Exploring Opioid Overdose Death Rate Trajectories in the United States

Previous CDC analyses show factors contributing to increased opioid overdose deaths (ie death rate trajectories across years; see first section of this notebook). However, exploring the underlying variance of these trajectories, such as within different locations, may lead to more precise targeting of interventions, public health marketing, policy recommendations, and resource allocation.

This notebook shows the power of the HEAL platform to accomplish taking a deep dive into this underlying variance. Specifically, the HEAL platform provides a workspace for easy accessibility to (1) publication data for reproducibility and (2) more fine-grained and/or raw data to explore the underlying variance of published data and findings.

Summary of findings

  1. Prior widely circulated CDC analyses show synthetic opioids drive much of the increase in opioid overdose death rates in recent years (see Hedegaard et al 2020 and CDC presentations) using the CDC Wonder database

  2. However, synthetic opioids have considerable variance when looking at the state level of death rates. That is, distinct groups/clusters of states have high 2019 opioid overdose death rate while others have considerably lower increases in death rates.

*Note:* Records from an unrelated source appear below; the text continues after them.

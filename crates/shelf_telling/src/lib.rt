// What a question has and needs over some documents of a Web as one line of text, for comparing.
#![tactic(auto)]

mod bench;
mod words;

pub use bench::Bench;
pub use words::Spelling;
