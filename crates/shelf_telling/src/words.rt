// An answer in words.
use evaluation::Workspace;
use lexicon::Lexicon;
use rows::Row;
use std::alloc::{AllocError, Global};
use store::Store;
use terms::Kind;

// How a term is written.
#[derive(Clone, Copy)]
pub enum Spelling {
    // In its marks.
    Marked,
    // As `i` or `l`, for its kind, and its bytes in hex.
    Hex,
}

fn letter(kind: Kind) -> u8 {
    match kind {
        Kind::Iri => b'i',
        Kind::Literal => b'l',
    }
}

impl Spelling {
    // Of the number of no term `-`.
    fn write_term(self, terms: &Lexicon, number: u16, out: &mut Vec<u8>) -> Result<(), AllocError> {
        let Some((kind, bytes)) = terms.term(number) else {
            out.push(b'-')?;
            return Ok(());
        };
        match self {
            Spelling::Marked => {
                out.push(kind.opening())?;
                out.extend_from_slice(bytes)?;
                out.push(kind.closing())?;
                Ok(())
            }
            Spelling::Hex => {
                out.push(letter(kind))?;
                let digits = hex::encode(*out.allocator(), bytes)?;
                out.extend_from_slice(digits.as_bytes())
            }
        }
    }

    // So many of the row's terms, parted by commas.
    fn write_row(
        self,
        terms: &Lexicon,
        variables: usize,
        row: Row,
        out: &mut Vec<u8>,
    ) -> Result<(), AllocError> {
        for (at, number) in row.places.iter().take(variables).enumerate() {
            if at > 0 {
                out.push(b',')?;
            }
            self.write_term(terms, *number, out)?;
        }
        Ok(())
    }
}

fn need_words(
    heap: Global,
    workspace: &Workspace,
    spelling: Spelling,
    store: &Store,
) -> anyhow::Result<Vec<Vec<u8>>> {
    let shelf = store.shelf();
    let mut words = Vec::new(heap);
    for (at, needed) in workspace.needs().iter().enumerate() {
        let number = u16::try_from(at)?;
        // What is no IRI needs no document, and may be marked.
        if *needed && shelf.is_iri(number) {
            let mut word = Vec::new(heap);
            spelling.write_term(store.terms(), number, &mut word)?;
            words.push(word)?;
        }
    }
    Ok(words)
}

fn row_words(
    heap: Global,
    workspace: &Workspace,
    variables: usize,
    spelling: Spelling,
    store: &Store,
) -> Result<Vec<Vec<u8>>, AllocError> {
    let mut words = Vec::new(heap);
    for entry in workspace.rows().entries() {
        let weight = format!(in heap; "{}:", entry.weight)?;
        let mut word = weight.into_bytes();
        spelling.write_row(store.terms(), variables, entry.row, &mut word)?;
        words.push(word)?;
    }
    Ok(words)
}

// How many words there are, and the words, ascending by their bytes.
fn write_words(mut words: Vec<Vec<u8>>, out: &mut Vec<u8>) -> Result<(), AllocError> {
    words.sort()?;
    let count = words.len().to_string(*out.allocator())?;
    out.extend_from_slice(count.as_bytes())?;
    for word in words.iter() {
        out.push(b' ')?;
        out.extend_from_slice(word.as_slice())?;
    }
    Ok(())
}

// The IRIs that are needed, and the rows with their weights.
pub fn write_answer(
    workspace: &Workspace,
    variables: usize,
    spelling: Spelling,
    store: &Store,
    out: &mut Vec<u8>,
) -> anyhow::Result<()> {
    let heap = *out.allocator();
    out.extend_from_slice(b"needs ")?;
    write_words(need_words(heap, workspace, spelling, store)?, out)?;
    out.extend_from_slice(b" rows ")?;
    write_words(row_words(heap, workspace, variables, spelling, store)?, out)?;
    Ok(())
}
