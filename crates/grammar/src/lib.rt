// The grammar of questions, its limits and its refusals. The definitions are in specs/.
#![tactic(auto)]

mod laws;
mod refusal;
mod told;

pub use laws::{bounds_are_lawful, numbers_are_faithful, reading_is_exact};
pub use refusal::{Fault, Reason, Refusal};
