// Why a text is refused.
ghost use Rattle.std.specs.Prelude.{◌≡◌};
ghost use Rattle.grammar.specs.declared.refusal.Refusal.TheVariants.{At};

// What is wrong with one token, by the number that tells it.
#[derive(Clone, Copy, PartialEq, Eq)]
pub enum Reason {
    NoQuestion = 2,
    TooDeep = 3,
    TooManyVariables = 5,
    TooLong = 6,
}

// A token that is refused, by the offset of its first byte.
#[derive(Clone, Copy, PartialEq, Eq)]
pub struct Fault {
    pub reason: Reason,
    pub at: usize,
}

#[derive(Clone, Copy, PartialEq, Eq)]
pub enum Refusal {
    TextTooLong,
    TooManyNodes,
    At(Fault),
}

impl From<Fault> for Refusal {
    ghost from_gives = { λ f r. r ≡ At f };

    fn from(fault: Fault) -> Refusal {
        Refusal::At(fault)
    }
}
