// What a text asks, or why it is refused, is settled by the definitions.
ghost use Rattle.grammar.specs.Bounded.{BoundedByMore, ExchangeKeepsBounds, RegroupingCanUnbind};
ghost use Rattle.grammar.specs.Judged.{MaskIsSure, JudgingDecides, FirstSideDecides};
ghost use Rattle.grammar.specs.Numbered.{NumbersAreFaithful};
ghost use Rattle.grammar.specs.Walkable.{EndsDecide, FirstPartDecides};
ghost use Rattle.grammar.specs.Reading.{OneTree, OneQuestion, OneRefusal, NotBoth, EveryText};

pub fn reading_is_exact()
    ensures tree { OneTree }
    ensures question { OneQuestion }
    ensures refusal { OneRefusal }
    ensures apart { NotBoth }
    ensures every { EveryText }
{}

// A question's variables go by name or by number.
pub fn numbers_are_faithful()
    ensures { NumbersAreFaithful }
{}

// Which questions are bounded does not depend on the order of sides, and can depend on their grouping. Masks decide it.
pub fn bounds_are_lawful()
    ensures more { BoundedByMore }
    ensures exchange { ExchangeKeepsBounds }
    ensures regroup { RegroupingCanUnbind }
    ensures ends { EndsDecide }
    ensures mask { MaskIsSure }
    ensures verdict { JudgingDecides }
    ensures part { FirstPartDecides }
    ensures side { FirstSideDecides }
{}
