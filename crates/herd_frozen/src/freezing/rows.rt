//! The rows of a frozen book, which keep the ranks of the parents for their numbers.
ghost use Rattle.std.specs.Prelude.{◌≡◌, ◌<◌, [], ◌++◌, ◌∷◌, length, map, slice_get, Some, IfOk, IfSome, OnErr, OnOk};
ghost use Rattle.herd_frozen.specs.freezing.Frozen.{depth_at, numbers_of, parents_of};
ghost use Rattle.herd_lineage.specs.Lineage.{IsLineage, IsNextOf};
ghost use Rattle.herd_lineage.specs.declared.TheConstants.{DEPTH_LIMIT, MOST_ANIMALS};
ghost use Rattle.herd_frozen.specs.places.Places.{number_at};
ghost use Rattle.herd_frozen.specs.freezing.Rows.{kept_of, row_kept};

use crate::freezing::frozen::Row;
use crate::rules::animal::Animal;
use herd_animal::{AnimalNumber, Day, Herd};
use herd_lineage::{Lineage, Parents};
use std::alloc::{AllocError, Allocator};
use std::marker::Model;

/// What a row keeps of an animal beside its parents and its depth, in forty bytes.
#[derive(Clone, Copy)]
pub struct RowRecord {
    /// Its number.
    pub number: AnimalNumber,
    /// Whether it was born from a stored embryo.
    pub embryo: bool,
    /// Its birth day.
    pub birth: Day,
    /// The herd that owns it, or owned it when it left.
    pub herd: Herd,
    /// The day from which this herd owns it.
    pub since: Day,
    /// The day on which it left, where it has.
    pub left: Option<Day>,
}

/// Rows by rank, which counts from 0.
#[derive(Drop)]
pub struct Rows<A: Allocator> {
    records: Vec<RowRecord, A>,
    lineage: Lineage<A>,
}

impl<A: Allocator> Model for Rows<A> {
    ghost use Rattle.std.specs.Prelude.{List};
    ghost use Rattle.herd_frozen.specs.declared.freezing.frozen.Row.{Row};
    ghost use Rattle.herd_frozen.specs.freezing.Rows.{AreKept, rows_kept};

    ghost Value = { List Row };

    ghost view = { λ r. rows_kept r.records.items r.lineage };

    ghost invariant = { λ r. AreKept r.records.items r.lineage };
}

impl RowRecord {
    /// What a row keeps of an animal that has this number.
    #[inline(always)]
    pub(crate) fn of(number: &AnimalNumber, animal: &Animal) -> RowRecord
        ensures { result ≡ kept_of (number.now, animal.now) }
    {
        RowRecord {
            number: *number,
            embryo: animal.embryo,
            birth: animal.birth,
            herd: animal.herd,
            since: animal.since,
            left: animal.left,
        }
    }
}

impl<A: Allocator + Clone> Rows<A> {
    /// No rows, with room for so many.
    pub fn with_capacity(alloc: A, rows: usize) -> Result<Rows<A>, AllocError>
        ensures { IfOk result (λ made. made ≡ []) }
    {
        Ok(Rows {
            records: Vec::with_capacity(alloc.clone()?, rows)?,
            lineage: Lineage::with_capacity(alloc, rows)?,
        })
    }
}

// Look-ups are inlined: a caller reads no more of a row, and of the numbers of its parents, than it uses.
impl<A: Allocator> Rows<A> {
    /// How many rows there are.
    #[inline(always)]
    pub fn len(&self) -> usize
        ensures { result ≡ length self.now }
    {
        self.records.len()
    }

    /// The number of the row at a rank.
    #[inline(always)]
    pub fn number(&self, rank: u32) -> &AnimalNumber
        requires { rank < length self.now }
        ensures { slice_get (numbers_of self.now) rank ≡ Some result.now }
    {
        &self.records[rank as usize].number
    }

    /// The parents and the depth of the row at a rank.
    #[inline(always)]
    pub fn parents(&self, rank: u32) -> Parents
        requires { rank < length self.now }
        ensures { slice_get (map parents_of self.now) rank ≡ Some result }
    {
        self.lineage.parents(rank)
    }

    /// The lineage of the rows.
    #[inline(always)]
    pub fn lineage(&self) -> &Lineage<A>
        ensures value { result.now ≡ map parents_of self.now }
        ensures lineage { IsLineage DEPTH_LIMIT MOST_ANIMALS result.now }
    {
        &self.lineage
    }

    /// The depth of the row at a rank.
    #[inline(always)]
    pub fn depth(&self, rank: u32) -> u8
        requires { rank < length self.now }
        ensures { result ≡ depth_at self.now rank }
    {
        self.lineage.depth(rank)
    }

    /// The row at a rank.
    #[inline(always)]
    pub fn row(&self, rank: u32) -> Row
        requires { rank < length self.now }
        ensures { slice_get self.now rank ≡ Some result }
    {
        let kept = &self.records[rank as usize];
        let parents = self.parents(rank);
        Row {
            number: kept.number,
            animal: Animal {
                birth: kept.birth,
                sire: self.number_at(parents.sire),
                dam: self.number_at(parents.dam),
                embryo: kept.embryo,
                herd: kept.herd,
                since: kept.since,
                left: kept.left,
            },
            sire: parents.sire,
            dam: parents.dam,
            depth: parents.depth,
        }
    }

    // The number of the row at a rank.
    #[inline(always)]
    fn number_at(&self, rank: Option<u32>) -> Option<AnimalNumber>
        ensures { result ≡ number_at (numbers_of self.now) rank }
    {
        let kept = self.records.get(rank? as usize)?;
        Some(kept.number)
    }

    /// Adds the row of what is kept of an animal, with parents that stand among the rows before it. The numbers of the
    /// parents are read from these rows. The only error is a growth of memory that is refused; then all is as it was.
    #[inline(always)]
    pub(crate) fn push(&mut self, kept: RowRecord, parents: Parents) -> Result<(), AllocError>
        requires { IsNextOf DEPTH_LIMIT MOST_ANIMALS (map parents_of self.old) parents }
        ensures ok { OnOk result (self.new ≡ self.old ++ row_kept (numbers_of self.old) kept parents ∷ []) }
        ensures err { OnErr result (self.new ≡ self.old) }
    {
        self.records.reserve(1)?;
        self.lineage.push_known(parents)?;
        self.records.push_reserved(kept);
        Ok(())
    }
}
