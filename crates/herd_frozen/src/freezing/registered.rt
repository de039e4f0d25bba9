//! What freezing reads of a book: of each animal, in the order of registration, what a row keeps of it and the places
//! of its parents.
ghost use Rattle.std.specs.Prelude.{◌≡◌, ◌<◌, Some, length, map, slice_get};
ghost use Rattle.herd_frozen.specs.freezing.Rows.{kept_of};
ghost use Rattle.herd_frozen.specs.rules.Book.{Book};
ghost use Rattle.herd_frozen.specs.places.Links.{IsLinkAt};

use crate::freezing::rows::RowRecord;
use crate::places::links::Link;

/// The animals of a book. A place counts from 0 in the order of registration.
pub trait Registered {
    ghost book: { Self → Book };

    /// The places of the parents can be told.
    ghost knows_parents: { Self → Type 0 };

    /// How many animals there are.
    fn count(&self) -> usize
        ensures { result ≡ length (book self.now) };

    /// What a row keeps of the animal at a place.
    fn kept_at(&self, place: usize) -> RowRecord
        requires { place < length (book self.now) }
        ensures { slice_get (map kept_of (book self.now)) place ≡ Some result };

    /// The places of the parents of the animal at a place.
    fn link_at(&self, place: usize) -> Link
        requires within { place < length (book self.now) }
        requires parents { knows_parents self.now }
        ensures { IsLinkAt (book self.now) place result };
}
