//! A list of records, with the places where their parents are expected.
ghost use Rattle.std.specs.Prelude.{◌≡◌, IsTrue};
ghost use Rattle.std.specs.Map.{keys_of};
ghost use Rattle.herd_frozen.specs.places.Places.{IsIndexIn};
ghost use Rattle.herd_frozen.specs.freezing.Hinted.{AreHinted, if_known};

use crate::freezing::registered::Registered;
use crate::freezing::rows::RowRecord;
use crate::places::links::{Link, LinkHint};
use crate::rules::animal::Animal;
use herd_animal::AnimalNumber;

/// The records in order of registration, and where the parents of each stand.
#[derive(Drop)]
pub(crate) struct Hinted<'a> {
    pub(crate) records: &'a [(AnimalNumber, Animal)],
    pub(crate) hints: &'a [LinkHint],
}

impl Registered for Hinted<'_> {
    ghost use Rattle.herd_frozen.specs.freezing.Hinted.{AreHinted};

    ghost book = { λ hinted. hinted.records.now };

    ghost knows_parents = { λ hinted. AreHinted hinted.records.now hinted.hints.now };

    #[inline(always)]
    fn count(&self) -> usize {
        self.records.len()
    }

    #[inline(always)]
    fn kept_at(&self, place: usize) -> RowRecord {
        let (number, animal) = &self.records[place];
        RowRecord::of(number, animal)
    }

    #[inline(always)]
    fn link_at(&self, place: usize) -> Link {
        let (_, animal) = &self.records[place];
        let hint = self.hints[place];
        Link {
            sire: if_known(&animal.sire, hint.sire),
            dam: if_known(&animal.dam, hint.dam),
        }
    }
}

/// Whether each known parent stands where it is expected.
pub(crate) fn are_right(records: &[(AnimalNumber, Animal)], hints: &[LinkHint]) -> bool
    ensures { IsTrue result → AreHinted records.now hints.now }
{
    if records.len() != hints.len() {
        return false;
    }
    for (place, (_, animal)) in records.iter().enumerate() {
        let hint = hints[place];
        if !stands_at(records, &animal.sire, hint.sire)
            || !stands_at(records, &animal.dam, hint.dam)
        {
            return false;
        }
    }
    true
}

// Whether a parent that is known stands at the place.
#[inline(always)]
fn stands_at(records: &[(AnimalNumber, Animal)], parent: &Option<AnimalNumber>, place: u32) -> bool
    ensures { IsTrue result → IsIndexIn (keys_of records.now) (if_known parent.now place) parent.now }
{
    let Some(parent) = parent else {
        return true;
    };
    match records.get(place as usize) {
        Some((number, _)) => *number == *parent,
        None => false,
    }
}

// The place of a parent that is known.
#[inline(always)]
fn if_known(parent: &Option<AnimalNumber>, place: u32) -> Option<u32>
    ensures { result ≡ if_known parent.now place }
{
    match parent {
        Some(_) => Some(place),
        None => None,
    }
}
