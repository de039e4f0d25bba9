ghost use Rattle.std.specs.Prelude.{◌≡◌, ◌==◌, ◌<◌, false, length, map, slice_get, Some, IfOk, IfSome, IfNone};
ghost use Rattle.herd_frozen.specs.rules.Book.{is_there};
ghost use Rattle.herd_frozen.specs.freezing.Frozen.{IsFrozen, book_of, numbers_of, parents_of};
ghost use Rattle.herd_frozen.specs.declared.TheConstants.{DEPTH_LIMIT, MOST_ANIMALS};
ghost use Rattle.herd_lineage.specs.Lineage.{IsLineage};

use crate::freezing::number_index::NumberIndex;
use crate::freezing::rows::Rows;
use crate::rules::animal::Animal;
use herd_animal::AnimalNumber;
use herd_lineage::{Lineage, Parents};
use std::alloc::{AllocError, Allocator};
use std::marker::Model;

/// An animal of a frozen book. Ranks count from 0.
#[derive(Clone, Copy, Debug, PartialEq, Eq)]
pub struct Row {
    /// Its number.
    pub number: AnimalNumber,
    /// Its record.
    pub animal: Animal,
    /// The rank of the sire, where it is known.
    pub sire: Option<u32>,
    /// The rank of the dam, where it is known.
    pub dam: Option<u32>,
    /// The number of parent steps on the longest known path.
    pub depth: u8,
}

/// A book in age order, which doesn't change any more.
#[derive(Drop)]
pub struct Frozen<A: Allocator> {
    rows: Rows<A>,
    index: NumberIndex<A>,
}

impl<A: Allocator> Model for Frozen<A> {
    ghost use Rattle.std.specs.Prelude.{List};
    ghost use Rattle.herd_frozen.specs.declared.freezing.frozen.Row.{Row};
    ghost use Rattle.herd_frozen.specs.freezing.Frozen.{IsFrozen};
    ghost use Rattle.herd_frozen.specs.freezing.NumberIndex.{IsIndexOf};
    ghost use Rattle.herd_frozen.specs.declared.TheConstants.{DEPTH_LIMIT, MOST_ANIMALS};

    ghost Value = { List Row };

    ghost view = { λ f. f.rows };

    ghost invariant = { λ f. IsFrozen DEPTH_LIMIT MOST_ANIMALS f.rows × IsIndexOf f.rows f.index };
}

impl<A: Allocator> Frozen<A> {
    /// How many animals there are.
    pub fn len(&self) -> u32
        ensures value { result ≡ length self.now }
        ensures frozen { IsFrozen DEPTH_LIMIT MOST_ANIMALS self.now }
    {
        self.rows.len() as u32
    }

    /// Whether there are no animals.
    pub fn is_empty(&self) -> bool
        ensures { result ≡ (length self.now == 0) }
    {
        self.rows.len() == 0
    }

    /// The row at a rank.
    // Inlined: a caller reads no more of a row than it uses.
    #[inline(always)]
    pub fn row(&self, rank: u32) -> Row
        requires { rank < length self.now }
        ensures row { slice_get self.now rank ≡ Some result }
        ensures frozen { IsFrozen DEPTH_LIMIT MOST_ANIMALS self.now }
    {
        self.rows.row(rank)
    }

    /// The number at a rank. It reads less memory than `row`.
    #[inline(always)]
    pub fn number(&self, rank: u32) -> AnimalNumber
        requires { rank < length self.now }
        ensures number { slice_get (numbers_of self.now) rank ≡ Some result }
        ensures frozen { IsFrozen DEPTH_LIMIT MOST_ANIMALS self.now }
    {
        *self.rows.number(rank)
    }

    /// The rank of an animal. It reads an index, and takes no memory.
    pub fn rank(&self, number: &AnimalNumber) -> Option<u32>
        ensures rank { IfSome result (λ rank. slice_get (numbers_of self.now) rank ≡ Some number.now) }
        ensures within { IfSome result (λ rank. rank < length self.now) }
        ensures absent { IfNone result (is_there (book_of self.now) number.now ≡ false) }
        ensures frozen { IsFrozen DEPTH_LIMIT MOST_ANIMALS self.now }
    {
        self.index.rank(&self.rows, number)
    }

    /// The parents and the depth of the row at a rank. It reads less memory than `row`.
    pub fn parents(&self, rank: u32) -> Parents
        requires { rank < length self.now }
        ensures parents { slice_get (map parents_of self.now) rank ≡ Some result }
        ensures frozen { IsFrozen DEPTH_LIMIT MOST_ANIMALS self.now }
    {
        self.rows.parents(rank)
    }

    /// From whom its animals come, by their ranks.
    #[inline(always)]
    pub fn lineage(&self) -> &Lineage<A>
        ensures value { result.now ≡ map parents_of self.now }
        ensures lineage { IsLineage DEPTH_LIMIT MOST_ANIMALS result.now }
        ensures frozen { IsFrozen DEPTH_LIMIT MOST_ANIMALS self.now }
    {
        self.rows.lineage()
    }
}

impl<A: Allocator + Clone> Frozen<A> {
    /// The frozen book of these rows.
    pub(crate) fn from_rows(alloc: A, rows: Rows<A>) -> Result<Frozen<A>, AllocError>
        requires { IsFrozen DEPTH_LIMIT MOST_ANIMALS rows }
        ensures { IfOk result (λ frozen. frozen ≡ rows) }
    {
        let index = NumberIndex::of(alloc, &rows)?;
        Ok(Frozen { rows, index })
    }
}
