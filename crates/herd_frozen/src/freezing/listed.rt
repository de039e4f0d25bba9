//! A list of records, with the places of their numbers.
ghost use Rattle.std.specs.Prelude.{◌≡◌, ◌≤◌, length, IfOk};
ghost use Rattle.std.specs.HashMap.{get};
ghost use Rattle.std.specs.List.{IsDistinct};
ghost use Rattle.std.specs.Map.{keys_of};
ghost use Rattle.std.specs.Option.{option_and_then};
ghost use Rattle.std.specs.Str.{bytes_eq};
ghost use Rattle.herd_frozen.specs.freezing.Freeze.{FindsPlaces, link_by};
ghost use Rattle.herd_frozen.specs.declared.TheConstants.{MOST_ANIMALS};

use crate::freezing::registered::Registered;
use crate::freezing::rows::RowRecord;
use crate::places::links::Link;
use crate::rules::animal::Animal;
use herd_animal::AnimalNumber;
use std::alloc::{AllocError, Allocator};
use std::collections::HashMap;
use std::hash::{BuildHasherDefault, FoldHasher};

pub(crate) type Places<A> = HashMap<AnimalNumber, u32, BuildHasherDefault<FoldHasher>, A>;

/// The records in order of registration, and the place of each number.
#[derive(Drop)]
pub(crate) struct Listed<'a, A: Allocator> {
    pub(crate) records: &'a [(AnimalNumber, Animal)],
    pub(crate) places: &'a Places<A>,
}

impl<A: Allocator> Registered for Listed<'_, A> {
    ghost use Rattle.herd_frozen.specs.freezing.Listed.{IsListed};
    ghost use Rattle.herd_frozen.specs.declared.TheConstants.{DEPTH_LIMIT, MOST_ANIMALS};

    ghost book = { λ listed. listed.records.now };

    ghost knows_parents = { λ listed. IsListed DEPTH_LIMIT MOST_ANIMALS listed.records.now
        (get bytes_eq listed.places.now) };

    fn count(&self) -> usize {
        self.records.len()
    }

    fn kept_at(&self, place: usize) -> RowRecord {
        let (number, animal) = &self.records[place];
        RowRecord::of(number, animal)
    }

    fn link_at(&self, place: usize) -> Link {
        link_of(self.places, &self.records[place].1)
    }
}

/// The place of registration of each number.
pub(crate) fn places_by_number<A: Allocator + Clone>(
    alloc: A,
    records: &[(AnimalNumber, Animal)],
) -> Result<Places<A>, AllocError>
    requires once { IsDistinct bytes_eq (keys_of records.now) }
    requires few { length records.now ≤ MOST_ANIMALS }
    ensures { IfOk result (λ places. FindsPlaces (keys_of records.now) (get bytes_eq places)) }
{
    let mut places = HashMap::with_capacity(alloc, records.len())?;
    for (place, (number, _)) in records.iter().enumerate() {
        places.insert(*number, place as u32)?;
    }
    Ok(places)
}

fn link_of<A: Allocator>(places: &Places<A>, animal: &Animal) -> Link
    ensures { result ≡ link_by (get bytes_eq places.now) animal.now }
{
    Link {
        sire: place_of(places, animal.sire),
        dam: place_of(places, animal.dam),
    }
}

fn place_of<A: Allocator>(places: &Places<A>, parent: Option<AnimalNumber>) -> Option<u32>
    ensures { result ≡ option_and_then (get bytes_eq places.now) parent }
{
    let parent = parent?;
    places.get(&parent).copied()
}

  3. Mapping 2019 death rates show the high increasing group of states is quite restricted to the Northeast region of the US.
  4. Future studies may want to hone in on the Northeast to understand social determinants and other factors (ie clinics) of high synthetic opioid death rates at a finer grained level such as the county level. The HEAL platform makes such data, for example clinic locations in the Opioid Environmental Policy Scan repository, to do these analyses easier.

Load in necessary packages and define functions

Pull file objects using the Gen3 SDK

Reproduce visualizations directly from Hedegaard et al., 2020 data brief

Figure 1 : Gender

These data show both (1) the rate of increase (driven by increase in more recent years) and (2) overall baseline deaths are higher for males than females. Note, these are adjusted for age related effects.

Figure 2: Age categories

Clearly, the rate of change in recent years is driven by adults (25-54). Additionally, the young adults (25-34) showed a lower death rate in the early 2000s compared to the other adult groups. However, in more recent years, the 25-34 group has reached the level of middle aged adults.

This disturbing trend could be one avenue for exploratory analyses that data from the HEAL platform could address --- by having a richer set of data.

Figure 3: Opioid Types

Deeper dive into the variance associated with opioid overdose increases directly from CDC Wonder data

By having more granular data readily available on the HEAL platform, you can explore the variance underlying the "cleaned up publication data" (also available on the HEAL platform).

Reproduce opioid type figure from publication using direct CDC Wonder data

Conclusions from adding information about variance (ie 95% confidence intervals) to the opioid type plot:

While there is a large increase in synthetic opioid (in red) use in recent years, there is also differences among individual states.

So, the question is: what are the individual death rate trajectories for individual states? Are there patterns/clusters amongst states that can inform how to target public policy/health interventions?

Clearly, by looking at individual state trajectories, we can see there are is a clear separation of states small and large increases in reported opioid death rates.

With these drastic increases for some states, the rate of change appears to be highly correlated with the most recent reported death rates.

Therefore, in subsequent exploration, I compare death rates in 2019 amongst individual states (note another approach would be to look at model outputs using exponential growth functions in a hiearchical linear model format).

Investigate distribution of 2019 synthetic opioid overdoses across states

As can be seen from state trajectories, the distribution is heavily skewed towards small death rates.

The black line in the figure represents the 50% mark for death rates. This means that the majority of state death rates are under 11 deaths per 100k.It also appears that there may be several clusters of state death rates that will help us "categorize" state groupings.

Now the question is: what are these states? Are they clustered in one region? If so, we could allocate our resources (and future analyses) to understanding how to help these states or uncover underlying causes.

From the list of states ranked from highest to lowest death rates, one can see that they are clustered in the northeast/east coast region (for the most part).

But, this bar chart only does not allow us to quickly visualize the spatial relationship amongst states. For this, we need to plot it out on a USA map...

Mapping 2019 State Death Rates to determine spatial associations/groupings

Note, this uses plotly (interactive tool). Hover over individual states to view the quantitative metrics.

First, lets map the death rates continuously (ie no groupings).

Clearly, from the map, we can see the highest ranked death rates of states are clustered in the north east with one cluster below New york and one above. Note, the northern states of MT,WY,ND do not report opioid deaths.

But to better describe this relationship (and evidence that there may be groupings from our distribution), lets use KMeans Clustering to group.

Using KMeans clustering to group state death rates

Just from looking at the data, we see our exploratory insights now explicit.

That is, the same northeastern states we saw, are now in the same cluster

Next steps

(1) to hone in on at a county level within the states of this region to further understand the geographic make up of this trend available in the HEAL platform.

(2) Predict and/or explain overdoses with social determinants by leveraging other datasets within the HEAL platform.